Just to add a few points - I used them last week Dublin->Barcelona :

(1) Luggage Allowance is 20Kg
(2) Reserved seat (online)
(3) Often cheaper than the alternatives - possibly because they aren't too well-know yet on this route and the plane out was only about 60% full.
(4) As I have seen mentioned, seats are close together, but OK for average flight
(3) Alcohol was cheaper on board that Ryanair/Aer Lingus. Food more expensive (bring your own sandwiches) but at least it looked edible


----------



## valc (21 Dec 2007)

Hi there

I used Clickair for 2 return trips to Barcelona this year & found the service excellent. On time & friendly staff. Chosen as they were cheaper than Aer Lingus for the dates I wanted.

would recommend



valc


----------



## Tony Mac (7 Jan 2008)

I have used Click a few times to Barcelona and found them fine but i can't seem to book anything after Feb this year.  Does anyone know if they are dropping the Dublin flight?  Iberia are only offering flights via Madrid.  It will be bad news for this route if Aer Lingus get a monopoly on it.


----------



## jhegarty (7 Jan 2008)

Tony Mac said:


> I have used Click a few times to Barcelona and found them fine but i can't seem to book anything after Feb this year.  Does anyone know if they are dropping the Dublin flight?  Iberia are only offering flights via Madrid.  It will be bad news for this route if Aer Lingus get a monopoly on it.

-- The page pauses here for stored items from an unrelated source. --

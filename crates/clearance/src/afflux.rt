// Molesworth's afflux, and the clearance needed above it (document 01, River rules, for 002, clauses 4.7 and 4.8).
//
// The afflux takes all 64 bits of a word, and fits by nothing but the ranges in the table of kinds.
ghost use Rattle.std.specs.Prelude.{◌≤◌};
ghost use Rattle.clearance.specs.afflux.Rules.{Afflux, ClearanceNeeded};

use arithmetic::rounding::Rounded;

// 4.7.1: Molesworth divides the square of the velocity in m/s by 17.88; of one in mm/s, for an afflux in mm, ten times the
// square is divided by 178,800.
const MOLESWORTH: u64 = 178_800;
// 4.7.1: Molesworth adds 0.01524 m: 15.24 mm, which is 2,724,912 over 178,800.
const ADDED: u64 = 2_724_912;

// 4.7.1: Molesworth's afflux, from the whole area A and the area a left at the obstruction, and whether it is exact (document 02, P7).
pub fn afflux(velocity: u64, area: u64, obstructed: u64) -> Rounded
    requires { (velocity ≤ 10000) × (area ≤ 100000) × (1 ≤ obstructed) × (obstructed ≤ area) }
    ensures { Afflux velocity area obstructed result.value result.exact }
{
    let whole_squared = area * area;
    let left_squared = obstructed * obstructed;
    arithmetic::rounding::up(
        (10 * (velocity * velocity) + ADDED) * (whole_squared - left_squared),
        MOLESWORTH * left_squared,
    )
}

// 4.8.1: where the discharges of the three lower clearances end, in l/s.
const FIRST_TO: u64 = 30_000;

const SECOND_TO: u64 = 300_000;

const THIRD_TO: u64 = 3_000_000;

// 4.8.1: the clearance needed: 600 mm to a discharge of 30,000 l/s, from there evenly to 1,200 at 300,000, then 1,500 to 3,000,000,
// and 1,800 above.
pub fn clearance_needed(q: u64) -> u64
    ensures { ClearanceNeeded q result }
{
    if q <= FIRST_TO {
        return 600;
    }
    if q <= SECOND_TO {
        return 600 + arithmetic::rounding::up(600 * (q - 30000), 270000).value;
    }
    if q <= THIRD_TO {
        return 1500;
    }
    1800
}
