// The river rules of document 01 for clearance (002, clauses 4.7 and 4.8): the clearance that a C row has and needs, or its refusal, 11
// or 14.
//
// What is left of the clearance may be below zero: levels are added up on two sides, and only natural numbers are taken from each other.
#![tactic(auto)]

pub mod afflux;

ghost use Rattle.clearance.specs.ClearanceRow.{clearance_told, ClearanceSays};
ghost use Rattle.clearance.specs.Clear.{opening_of, refused};
ghost use Rattle.std.specs.Prelude.{◌≡◌, ◌≤◌, pos, ◌-ℤ◌, Err};
ghost use Rattle.kinds.specs.refusals.Refusals.{refusal_number};
ghost use Rattle.arithmetic.specs.signed.Whole.{worth, amount};

use arithmetic::signed::{Amount, Parts};
use kinds::refusals::JobRefusal;
use kinds::{Kind, Numbers};

// The columns of a C row: velocity in mm/s, area A and obstructed area a in tenths of m², and the levels of underside and flood in mm.
#[derive(Clone, Copy)]
pub struct Opening {
    pub velocity: u64,
    pub area: u64,
    pub obstructed: u64,
    pub underside: Amount,
    pub flood: Amount,
}

// What a C row is told: the clearance there is, underside - flood - afflux, and the clearance needed, in mm, and whether the afflux is exact.
#[derive(Clone, Copy)]
pub struct VerticalClearance {
    pub there: Amount,
    pub needed: u64,
    pub exact: bool,
}

// Why a C row is refused: a number out of its range, or a above A.
#[derive(Clone, Copy)]
pub enum ClearanceRefusal {
    OutOfRange,
    OverObstructed,
}

// The refusal of its job.
impl From<ClearanceRefusal> for JobRefusal {
    ghost from_gives = { λ refusal job. clearance_told (Err refusal) ≡ refused (refusal_number job) };

    fn from(refusal: ClearanceRefusal) -> JobRefusal {
        match refusal {
            ClearanceRefusal::OutOfRange => JobRefusal::OutOfRange,
            ClearanceRefusal::OverObstructed => JobRefusal::OverObstructed,
        }
    }
}

// A C row by its columns. The rules take them in words of 64 bits.
impl From<Numbers> for Opening {
    ghost from_gives = { λ row opening. opening ≡ opening_of row };

    fn from(row: Numbers) -> Opening {
        let underside = Amount {
            minus: row.n4.minus,
            size: u64::from(row.n4.size),
        };
        let flood = Amount {
            minus: row.n5.minus,
            size: u64::from(row.n5.size),
        };
        Opening {
            velocity: u64::from(row.n1.size),
            area: u64::from(row.n2.size),
            obstructed: u64::from(row.n3.size),
            underside,
            flood,
        }
    }
}

// The clearance that a C row has and needs, with the discharge of its job's S row.
pub fn clearance(row: Numbers, discharge: u64) -> Result<VerticalClearance, ClearanceRefusal>
    ensures { ClearanceSays row discharge (clearance_told result) }
{
    if !kinds::ranges::is_ranged(Kind::C, row) {
        return Err(ClearanceRefusal::OutOfRange);
    }
    let opening = Opening::from(row);
    if opening.area < opening.obstructed {
        return Err(ClearanceRefusal::OverObstructed);
    }
    let rise = afflux::afflux(opening.velocity, opening.area, opening.obstructed);
    Ok(VerticalClearance {
        there: clearance_under(opening.underside, opening.flood, rise.value),
        needed: afflux::clearance_needed(discharge),
        exact: rise.exact,
    })
}

// Underside - flood - afflux.
fn clearance_under(underside: Amount, flood: Amount, afflux: u64) -> Amount
    requires { (underside.size ≤ 9000000) × (flood.size ≤ 9000000) × (afflux ≤ 60000000000000) }
    ensures { result ≡ amount (worth underside -ℤ worth flood -ℤ pos afflux) }
{
    let upper = Parts::from(underside);
    let lower = Parts::from(flood);
    let height = upper.above + lower.below;
    let depth = upper.below + lower.above + afflux;
    arithmetic::signed::difference(height, depth)
}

Can't find anything myself either .... site problem ?

Edit: 

Nope , route is ending this month....


----------



## seantheman (7 Jan 2008)

Tony Mac said:


> I have used Click a few times to Barcelona and found them fine but i can't seem to book anything after Feb this year. Does anyone know if they are dropping the Dublin flight? Iberia are only offering flights via Madrid. It will be bad news for this route if Aer Lingus get a monopoly on it.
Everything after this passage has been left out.